Your goal:
From the line containing "self.published = published;" through the last line of the records, print every line exactly and nothing more.

^^^^

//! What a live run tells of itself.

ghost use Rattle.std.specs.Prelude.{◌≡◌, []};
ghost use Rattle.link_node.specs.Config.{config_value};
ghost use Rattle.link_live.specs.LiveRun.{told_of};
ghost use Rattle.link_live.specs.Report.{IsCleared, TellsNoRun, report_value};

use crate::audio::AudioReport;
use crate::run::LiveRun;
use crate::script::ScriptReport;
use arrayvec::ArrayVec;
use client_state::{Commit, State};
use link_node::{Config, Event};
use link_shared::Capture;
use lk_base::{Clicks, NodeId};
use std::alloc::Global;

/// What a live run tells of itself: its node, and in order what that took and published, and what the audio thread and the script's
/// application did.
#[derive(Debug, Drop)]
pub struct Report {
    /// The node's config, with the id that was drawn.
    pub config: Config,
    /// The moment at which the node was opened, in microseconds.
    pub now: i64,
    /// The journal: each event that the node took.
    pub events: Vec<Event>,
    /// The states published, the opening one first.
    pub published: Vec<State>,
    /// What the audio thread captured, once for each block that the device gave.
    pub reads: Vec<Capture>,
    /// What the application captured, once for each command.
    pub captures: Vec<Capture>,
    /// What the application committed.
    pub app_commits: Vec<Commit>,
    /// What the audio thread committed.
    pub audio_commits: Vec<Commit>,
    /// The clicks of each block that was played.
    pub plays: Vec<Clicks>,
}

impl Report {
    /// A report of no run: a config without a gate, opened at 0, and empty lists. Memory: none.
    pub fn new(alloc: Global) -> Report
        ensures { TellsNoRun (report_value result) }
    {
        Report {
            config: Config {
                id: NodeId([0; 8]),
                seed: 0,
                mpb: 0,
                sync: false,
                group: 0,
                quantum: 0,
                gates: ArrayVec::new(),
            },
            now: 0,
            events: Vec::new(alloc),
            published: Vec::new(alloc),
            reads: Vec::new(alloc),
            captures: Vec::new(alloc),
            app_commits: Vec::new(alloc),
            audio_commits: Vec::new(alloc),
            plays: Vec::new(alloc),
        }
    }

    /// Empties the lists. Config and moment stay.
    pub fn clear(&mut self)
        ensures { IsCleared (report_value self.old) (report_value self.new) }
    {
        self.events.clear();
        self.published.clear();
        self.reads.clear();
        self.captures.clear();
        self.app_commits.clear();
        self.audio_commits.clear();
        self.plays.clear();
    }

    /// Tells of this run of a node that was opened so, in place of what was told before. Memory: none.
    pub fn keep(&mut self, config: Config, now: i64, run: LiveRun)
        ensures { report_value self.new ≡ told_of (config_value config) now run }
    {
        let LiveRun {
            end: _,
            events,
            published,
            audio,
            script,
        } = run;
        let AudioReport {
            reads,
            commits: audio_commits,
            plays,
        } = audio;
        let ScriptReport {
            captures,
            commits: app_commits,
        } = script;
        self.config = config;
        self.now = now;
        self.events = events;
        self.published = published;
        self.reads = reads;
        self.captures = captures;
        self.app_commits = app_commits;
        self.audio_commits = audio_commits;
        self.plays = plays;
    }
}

^^^^

Answer to the exercise:
        self.published = published;
        self.reads = reads;
        self.captures = captures;
        self.app_commits = app_commits;
        self.audio_commits = audio_commits;
        self.plays = plays;
    }
}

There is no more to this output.